The first thing you should do is get your gp to refer you then you will know exactly what you are dealing with .

It has taken them 37 yrs to give me a diagnos so it’s not so easy

I am average on the top but my legs have always been somewhat heavy and no amount of diet or exercise helps them .

I wish you lots and lots of luck

Take Care

Barb x

sooze23 profile image
sooze23

get as much info as possible eg how you match the symptoms and present to your GP. If GP is sceptical then do so until agree to do something. I had to work with my GP as he had no idea of where to go to with it and wasted a year before between us we found a route. Best thing was being told I was a classic case of Lipoedema as it proved I was right and that little thing made me feel better as even friends and family were sceptical when I mentioned it - rolled eyes etc.

Hi,

As others have said you are your own best advocate. Learn as much as much as you possibly can so you feel confident when you see your GP.

Join Lipoedema or Lymphoedema UK both of whom have excellent information and offer GP learning modules.

Take their newsletters into your practice, photos of your relatives with the condition and note down any anecdotal family "evidence."

I have secondary Lymphoedema complicated by Lipoedema. I have always had heavy, straight, legs on a small frame.

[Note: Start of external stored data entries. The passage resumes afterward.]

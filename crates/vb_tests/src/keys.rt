//! How long a key may be.
use std::test::Fail;
use vb_types::Key;

#[test]
fn a_key_has_at_most_250_bytes(rt: HostRuntime) -> Result<(), Fail> {
    let bytes = [b'k'; 251];
    assert!(rt; Key::new(rt.alloc(), &bytes[..250])?.is_some());
    assert!(rt; Key::new(rt.alloc(), &bytes)?.is_none());
    Ok(())
}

I was diagnosed with Lipoedema by Professor Mortimer from St George's because my Lymphoedema didn't respond to conventional treatments.

My Lipoedema didn't really show itself until after the menopause so in that respect I have been fortunate.

I was diagnosed with BC in 2003 and Lymphoedema quickly followed so all 3 conditions arrived within a few months of each other !

Good Luck with it all.

tdshrubb profile image
tdshrubb

Like you I had not been to my gp. But I armed myself with information to take with me, found and contacted the nearest lipodema/lymphodema clinic and asked their opinion, then asked my gp if he could refer me there for assessment. Wish me luck I have my appointment on 8 December. You have to take the bullet and fight for yourself

laurasmith profile image
laurasmith in reply to tdshrubb

Good luck with your appointment I’m December. I’m

Not sure if there is a Lipödema clinic anywhere near me unfortunately but that is a good idea to get their opinion first.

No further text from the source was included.